My knowledge of Voltaire is pretty much limited to "Candide" -- and I mean the Bernstein version.

You are a marvel in how you tell of Voltaire, tolerance and in such a fascinating way. How you do it, I'll never know. But I'm glad you do.

Anonymous said...

I Remember you Vagabonde when I had a blog on BlogSpot("Artistique"). Nov. 2013 I moved to wordpress, but I just saw your name when I put in a comment at someone's blog - it's after midnight, but in coming days I'll read your last posts - good to know you're still blogging!

Thérèse said...

Il ne faut pas oublier non plus que certains francais allaient en prison pour carricature non "conforme" comme Daumier sous Louis Philippe qu'il avait represente en Gargentua et en poire je crois meme.

Anonymous said...

Merci pour ta gentille visite sur mon petit blog ce lundi chère Vagabonde !!!

Merci aussi pour cette publication très intéressante et aussi très émouvante !
"Vive la liberté d'expression" !!!!!! Et "Vive la liberté !"

Je t'embrasse très FORT !

Bonne continuation Vagabonde ! :o)

Vicki Lane said...

Thank you for such timely posts. The French love of satire and demand for tolerance is truly admirable.

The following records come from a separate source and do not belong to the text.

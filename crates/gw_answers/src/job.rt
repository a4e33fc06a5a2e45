//! From a model, a text or an object, to its job.

ghost use Rattle.std.specs.Prelude.{◌≡◌, false, IfOk};
ghost use Rattle.gw_answers.specs.Assembly.{IsPrinted};
ghost use Rattle.gw_answers.specs.Inputs as model;
ghost use Rattle.gw_answers.specs.ModelJobs.{OnRefusal, FindsJobIn, FindsJobOf};

use crate::answer::spec_with;
use crate::{BUDGET, NoJob, Refusal, is_object, spec_of};
use gw_assemble::assemble;
use gw_object::{Fault, codes};
use gw_scan::Spec;
use gw_text::{Model, parse};
use std::alloc::Global;

/// Why there is no job, by the fault of a text or of its assembly.
fn no_job(fault: Fault) -> NoJob
    ensures { OnRefusal result (λ said. (said ≡ fault) × IsPrinted said) }
{
    if fault.code == codes::MEMORY {
        NoJob::OutOfMemory
    } else {
        NoJob::Refused(Refusal(fault))
    }
}

/// The job of what a text was read as; or why there is none.
#[tactic(auto, using(crate::proofs::Finding::found_of_making))]
fn spec_in(alloc: Global, model: &Model, seed: u32, count: u64) -> Result<Spec, NoJob>
    ensures found { FindsJobIn seed count model.now.statements.items result }
    ensures budget { IfOk result (λ spec. spec.budget ≡ BUDGET) }
{
    match assemble(alloc, model) {
        Ok(verified) => spec_with(alloc, verified, seed, count),
        Err(fault) => Err(no_job(fault)),
    }
}

/// The job of a model text; or why there is none.
#[tactic(auto, using(crate::proofs::Finding::refused_text))]
fn spec_of_text(alloc: Global, text: &[u8], seed: u32, count: u64) -> Result<Spec, NoJob>
    requires { model.is_object text.now ≡ false }
    ensures found { FindsJobOf seed count text.now result }
    ensures budget { IfOk result (λ spec. spec.budget ≡ BUDGET) }
{
    match parse(alloc, text) {
        Ok(model) => {
            let spec = spec_in(alloc, &model, seed, count);
            drop(model);
            spec
        }
        Err(fault) => Err(no_job(fault)),
    }
}

/// The job of a model, a text or an object, with this one seed and this count, where 0 means the model's own, and the budget of a
/// run; or why there is none: the refusal of the text, of its assembly, of the object, of the seed or of the count, or want of
/// memory.
#[tactic(auto, using(crate::proofs::Finding::found_of_object))]
pub fn spec_of_model(alloc: Global, input: &[u8], seed: u32, count: u64) -> Result<Spec, NoJob>
    ensures found { FindsJobOf seed count input.now result }
    ensures budget { IfOk result (λ spec. spec.budget ≡ BUDGET) }
{
    if is_object(input) {
        spec_of(alloc, seed, count, input)
    } else {
        spec_of_text(alloc, input, seed, count)
    }
}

French Girl in Seattle said...

Congratulations, Vagabonde ! I just read your last two stories - slowly, enjoying every word, and illustration. As always, well researched, well thought-out, and thoroughly fascinating. I have shared both stories on the French Girl in Seattle's Facebook page. My readers already know you, from your excellent series on the Liberation of Paris last summer. Looking forward to learning more with you. Your friend, and fellow French native, Veronique (French Girl in Seattle)

Miss_Yves said...

dritanje said...

Thank you Vagabonde for this post and the following one. By quoting Voltaire and giving the history of the French state I'm sure you will make it clearer to many how deeply important the concept of freedom of speech and expression is, to France, and why. This lucid and compassionate explanation is exactly what is needed, as I think another commentator said. Again, thank you.

Mae Travels said...

Congratulations on the excellent historic background you have given to the events in France. Understanding the French commitment to tolerance and to satire is definitely important in grasping the reaction to these events and understanding how so many people within and outside of France aren't in step with French views on secularism.

However, what strikes me as most shocking is that many of the Muslims defend the murder of either cartoonists, Jews, or both, and some non-Muslims even express sympathy! Fundamentally this still has to be a story about murder, I think, not just a story about attitudes towards cartoons or Jews.

Jenny Woolf said...

I wish that the English tradition of popular philosophy had continued in the way it has in France. It all seemed to die out here in the 18th century, perhaps because we stuck with the monarchy....

Reader Wil said...

J' aime les dessins humoristiques, mais je pense qu' on n' a pas la liberté d' insulter. Mais c' était terrible ce que s' était passé. Moi je dis:" Je suis Charlie!"
Merci de votre post!
Wil, ABCW Team

Sam Hoffer / My Carolina Kitchen said...

There should be more Voltares in the world and we all could definitely use more tolerance, which seems to be totally lacking throughout mankind.

Both of your last two stories were excellent and I too enjoyed every word.

marciamayo said...

Wow, I'm sharing this with my husband and step daughter who will be quite interested as they love all things French. Thank you.

Gattina said...

Very interesting post ! Yes Paris has changed a lot and not always to the best. I don't live very far and with the Thalys. I am quickly there.